É sobre o aborto. Muito se tem dito sobre a nomeação e confirmação de Amy Coney Barrett para o Supremo Tribunal. Joe Biden, Kamala Harris e todos os democratas dizem que tal processo não deve occorrer durante uma camapnha eleitoral. A Constituição americana, no entanto, nada diz sobre isso. O que é verdade é que Joe Biden, Kamala Harris e todos os democratas referem Amy Coney Barrett como uma ameaça ao plano de saúde que Obama iniciou e Biden quer continuar, em que o aborto é central, afirmando também que os “direitos reprodutivos” da mulher ficam ameaçados por esta juíza. Biden, Harris e os democratas mostram-se abertamente preocupados com a conservação do aborto legalizado nos Estados Unidos.
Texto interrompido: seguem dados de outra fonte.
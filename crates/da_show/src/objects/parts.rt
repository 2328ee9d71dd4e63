//! Parts of the texts of objects.

ghost use Rattle.std.specs.Prelude.{◌≡◌, ◌++◌, OnOk};
ghost use Rattle.std.specs.String.{string_bytes};
ghost use Rattle.serde_json.specs.Written.{comma_if};
ghost use Rattle.da_show.specs.JsonTexts.{in_quotes, quoted_axis, quoted_hex, quoted_name};

use namespace_id::{Axis, Namespace, bytes_law};
use std::alloc::{AllocError, Global};

/// Appends a comma where something stands before.
pub(crate) fn put_comma(out: &mut String, later: bool) -> Result<(), AllocError>
    ensures { OnOk result (string_bytes out.new ≡ string_bytes out.old ++ comma_if later) }
{
    if later { out.push(',') } else { Ok(()) }
}

/// Appends the word of an axis as a string.
#[tactic(auto, unfolding(crate::specs::JsonTexts::quoted_axis, json::specs::Print::escape_byte))]
pub(crate) fn put_axis(out: &mut String, axis: Axis) -> Result<(), AllocError>
    ensures { OnOk result (string_bytes out.new ≡ string_bytes out.old ++ quoted_axis axis) }
{
    match axis {
        Axis::Row => out.push_str("\"row\""),
        Axis::Col => out.push_str("\"col\""),
    }
}

/// Appends a text of which no byte is escaped, in quotes.
#[tactic(auto, unfolding(crate::specs::JsonTexts::in_quotes))]
fn put_quoted(out: &mut String, text: &str) -> Result<(), AllocError>
    ensures { OnOk result (string_bytes out.new ≡ string_bytes out.old ++ in_quotes text.now) }
{
    out.push('"')?;
    out.push_str(text)?;
    out.push('"')
}

/// Appends the digits of bytes as a string.
pub(crate) fn put_hex(alloc: Global, out: &mut String, bytes: &[u8]) -> Result<(), AllocError>
    ensures { OnOk result (string_bytes out.new ≡ string_bytes out.old ++ quoted_hex bytes.now) }
{
    bytes_law(bytes);
    let digits = hex::encode(alloc, bytes)?;
    put_quoted(out, digits.as_str())
}

/// Appends the digits of a namespace as a string.
#[tactic(auto, unfolding(crate::specs::JsonTexts::quoted_hex, crate::specs::JsonTexts::quoted_name))]
pub(crate) fn put_name(alloc: Global, out: &mut String, name: &Namespace) -> Result<(), AllocError>
    ensures { OnOk result (string_bytes out.new ≡ string_bytes out.old ++ quoted_name name.now) }
{
    put_hex(alloc, out, name.0.as_slice())
}
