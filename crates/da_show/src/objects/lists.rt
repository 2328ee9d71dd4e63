//! Lists of objects, of strings and of numbers.

ghost use Rattle.std.specs.Prelude.{◌≡◌, ◌++◌, OnOk};
ghost use Rattle.std.specs.String.{string_bytes};
ghost use Rattle.da_show.specs.JsonTexts.{list_text, root_text, share_text, range_text, absence_text, found_text, entry_text, entry_place_text, cell_text, cell_of_text, length_text, signer_text, blob_end, blob_text};

use super::parts::{put_comma, put_hex, put_name};
use crate::words::{put_number, put_size};
use axis_roots::{Found, Message, NsEntry};
use da_wire::{EntryPlace, FoundPlace};
use namespace_id::{Cell, Digest, Namespace, Share};
use share_split::{Blob, SIGNER_SIZE, Unit};
use std::alloc::{AllocError, Global};

/// Appends a list of roots.
pub(crate) fn put_roots(alloc: Global, out: &mut String, roots: &[Digest]) -> Result<(), AllocError>
    ensures { OnOk result (string_bytes out.new
        ≡ string_bytes out.old ++ list_text root_text roots.now) }
{
    out.push('[')?;
    let mut later = false;
    for root in roots {
        put_comma(out, later)?;
        put_hex(alloc, out, &root.0)?;
        later = true;
    }
    out.push(']')
}

/// Appends a list of the namespaces of shares.
pub(crate) fn put_shares(
    alloc: Global,
    out: &mut String,
    shares: &[Share],
) -> Result<(), AllocError>
    ensures { OnOk result (string_bytes out.new
        ≡ string_bytes out.old ++ list_text share_text shares.now) }
{
    out.push('[')?;
    let mut later = false;
    for share in shares {
        put_comma(out, later)?;
        put_name(alloc, out, &share.namespace())?;
        later = true;
    }
    out.push(']')
}

/// Appends a range by its row, its start and how many shares it has.
#[tactic(auto, unfolding(crate::specs::JsonTexts::range_text))]
fn put_range(out: &mut String, row: u16, start: u16, count: usize) -> Result<(), AllocError>
    ensures { OnOk result (string_bytes out.new
        ≡ string_bytes out.old ++ range_text row start count) }
{
    out.push_str("{\"count\":")?;
    put_size(out, count)?;
    out.push_str(",\"row\":")?;
    put_number(out, row)?;
    out.push_str(",\"start\":")?;
    put_number(out, start)?;
    out.push('}')
}

/// Appends an absence by its row and its column.
#[tactic(auto, unfolding(crate::specs::JsonTexts::absence_text))]
fn put_absence(out: &mut String, row: u16, pos: u16) -> Result<(), AllocError>
    ensures { OnOk result (string_bytes out.new ≡ string_bytes out.old ++ absence_text row pos) }
{
    out.push_str("{\"pos\":")?;
    put_number(out, pos)?;
    out.push_str(",\"row\":")?;
    put_number(out, row)?;
    out.push('}')
}

/// Appends what is found in a row.
fn put_found(out: &mut String, row: u16, found: &Found) -> Result<(), AllocError>
    ensures { OnOk result (string_bytes out.new
        ≡ string_bytes out.old ++ found_text row found.now) }
{
    match found {
        Found::Range { start, shares, .. } => put_range(out, row, *start, shares.list.len()),
        Found::Absence { pos, .. } => put_absence(out, row, *pos),
    }
}

/// Appends a list of the entries of a namespace answer.
pub(crate) fn put_entries(out: &mut String, entries: &[NsEntry]) -> Result<(), AllocError>
    ensures { OnOk result (string_bytes out.new
        ≡ string_bytes out.old ++ list_text entry_text entries.now) }
{
    out.push('[')?;
    let mut later = false;
    for entry in entries {
        put_comma(out, later)?;
        put_found(out, entry.row, &entry.found)?;
        later = true;
    }
    out.push(']')
}

/// Appends where an entry found something.
fn put_place(out: &mut String, entry: &EntryPlace) -> Result<(), AllocError>
    ensures { OnOk result (string_bytes out.new ≡ string_bytes out.old ++ entry_place_text entry.now) }
{
    match entry.found {
        FoundPlace::Range { start, count } => put_range(out, entry.row, start, count as usize),
        FoundPlace::Absence { pos } => put_absence(out, entry.row, pos),
    }
}

/// Appends a list of where entries found something.
pub(crate) fn put_places(out: &mut String, places: &[EntryPlace]) -> Result<(), AllocError>
    ensures { OnOk result (string_bytes out.new
        ≡ string_bytes out.old ++ list_text entry_place_text places.now) }
{
    out.push('[')?;
    let mut later = false;
    for place in places {
        put_comma(out, later)?;
        put_place(out, place)?;
        later = true;
    }
    out.push(']')
}

/// Appends a cell.
#[tactic(auto, unfolding(crate::specs::JsonTexts::pair_text))]
fn put_cell(out: &mut String, cell: Cell) -> Result<(), AllocError>
    ensures { OnOk result (string_bytes out.new ≡ string_bytes out.old ++ cell_text cell) }
{
    out.push('[')?;
    put_number(out, cell.row)?;
    out.push(',')?;
    put_number(out, cell.col)?;
    out.push(']')
}

/// Appends a list of cells.
pub(crate) fn put_cells(out: &mut String, cells: &[Cell]) -> Result<(), AllocError>
    ensures { OnOk result (string_bytes out.new
        ≡ string_bytes out.old ++ list_text cell_text cells.now) }
{
    out.push('[')?;
    let mut later = false;
    for cell in cells {
        put_comma(out, later)?;
        put_cell(out, *cell)?;
        later = true;
    }
    out.push(']')
}

/// Appends a list of the cells of samples.
pub(crate) fn put_message_cells(out: &mut String, messages: &[Message]) -> Result<(), AllocError>
    ensures { OnOk result (string_bytes out.new
        ≡ string_bytes out.old ++ list_text cell_of_text messages.now) }
{
    out.push('[')?;
    let mut later = false;
    for message in messages {
        put_comma(out, later)?;
        put_cell(out, message.cell)?;
        later = true;
    }
    out.push(']')
}

/// Appends a list of the lengths of units.
pub(crate) fn put_lengths(out: &mut String, units: &[Unit]) -> Result<(), AllocError>
    ensures { OnOk result (string_bytes out.new
        ≡ string_bytes out.old ++ list_text length_text units.now) }
{
    out.push('[')?;
    let mut later = false;
    for unit in units {
        put_comma(out, later)?;
        put_size(out, unit.bytes.len())?;
        later = true;
    }
    out.push(']')
}

/// Appends the signer of a blob behind its namespace, if it has one.
fn put_signer(
    alloc: Global,
    out: &mut String,
    signer: &Option<[u8; SIGNER_SIZE]>,
) -> Result<(), AllocError>
    ensures { OnOk result (string_bytes out.new ≡ string_bytes out.old ++ signer_text signer.now) }
{
    match signer {
        Some(signer) => {
            out.push_str(",\"signer\":")?;
            put_hex(alloc, out, signer.as_slice())
        }
        None => Ok(()),
    }
}

/// Appends a blob from its namespace on.
fn put_blob_end(
    alloc: Global,
    out: &mut String,
    name: &Namespace,
    signer: &Option<[u8; SIGNER_SIZE]>,
) -> Result<(), AllocError>
    ensures { OnOk result (string_bytes out.new
        ≡ string_bytes out.old ++ blob_end name.now signer.now) }
{
    out.push_str(",\"namespace\":")?;
    put_name(alloc, out, name)?;
    put_signer(alloc, out, signer)?;
    out.push_str("}")
}

/// Appends a blob: its length, its namespace and its signer, if it has one.
#[tactic(auto, unfolding(crate::specs::JsonTexts::blob_text))]
fn put_blob(alloc: Global, out: &mut String, blob: &Blob) -> Result<(), AllocError>
    ensures { OnOk result (string_bytes out.new ≡ string_bytes out.old ++ blob_text blob.now) }
{
    out.push_str("{\"length\":")?;
    put_size(out, blob.bytes.len())?;
    put_blob_end(alloc, out, &blob.namespace, &blob.signer)
}

/// Appends a list of blobs.
pub(crate) fn put_blobs(alloc: Global, out: &mut String, blobs: &[Blob]) -> Result<(), AllocError>
    ensures { OnOk result (string_bytes out.new
        ≡ string_bytes out.old ++ list_text blob_text blobs.now) }
{
    out.push('[')?;
    let mut later = false;
    for blob in blobs {
        put_comma(out, later)?;
        put_blob(alloc, out, blob)?;
        later = true;
    }
    out.push(']')
}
A administração Trump tem dado passos históricos para eliminar o aborto. Um dos temas centrais da Convenção Repulicana deste ano foi a eliminação do aborto. Este é um assunto crítico para o eleitor americano. Muitos votam apenas por causa deste assunto e ninguém lhe é indiferente. Os candidatos não poderiam estar em lados mais antagónicos.
É verdade que se assiste a um turbilhão social nos Estados Unidos. E alguns dos motivos podem não ser bons. Mas, por outro lado, também é verdade que será dos poucos sítios do mundo onde existe uma “maioria silenciosa” a batalhar, numa luta aberta e árdua, contra uma minoria muito ruidosa que controla quase tudo, incluindo os meios de comunicação.
Atualmente, seria difícil encontrar em Portugal alguém com um autocolante na camisa a dizer em quem votou, ou com um cartaz no quintal, como fazem os americanos. Por cá, o risco do turbilhão social é menor, mas também não é costume manifestar-se opinião política em conversas privadas e dialogar de forma cívica com opiniões diferentes.
Os portugueses e as pessoas que veem os Estados Unidos apenas através de um canal de notícias, por vezes enviesado, podem ficar surpreendidos com os resultados da eleição americana deste dia 3 de Novembro. Não deviam. Há quatro anos, as sondagens anunciavam Hillary Clinton à frente da corrida, com 12 pontos de vantagem. Este ano, as notícias também insistem que Trump não pode ganhar justamente, embora os “rallies” dele e os desfiles organizados pelo povo estejam a abarrotar e ninguém apareça nos “rallies” de Biden.
Se Trump ganhar, podem dizer que houve fraude ou que pessoas ignorantes e do campo foram vítimas de lavagem cerebral por um sociopata. No entanto, poderá também ser, porque o país dos Estados Unidos nasceu com valores muito diferentes dos valores europeus atuais. Existe uma maioria silenciosa que ainda adere a essa filosofia e que ainda trabalha para defender esses valores, embora de forma mais escondida dos meios de comunicação. Numa sociedade pluralista e tolerante seria bom aprender a respeitar as ideias diferentes, a dialogar sem chamar nomes e a manter a amizade mesmo assim.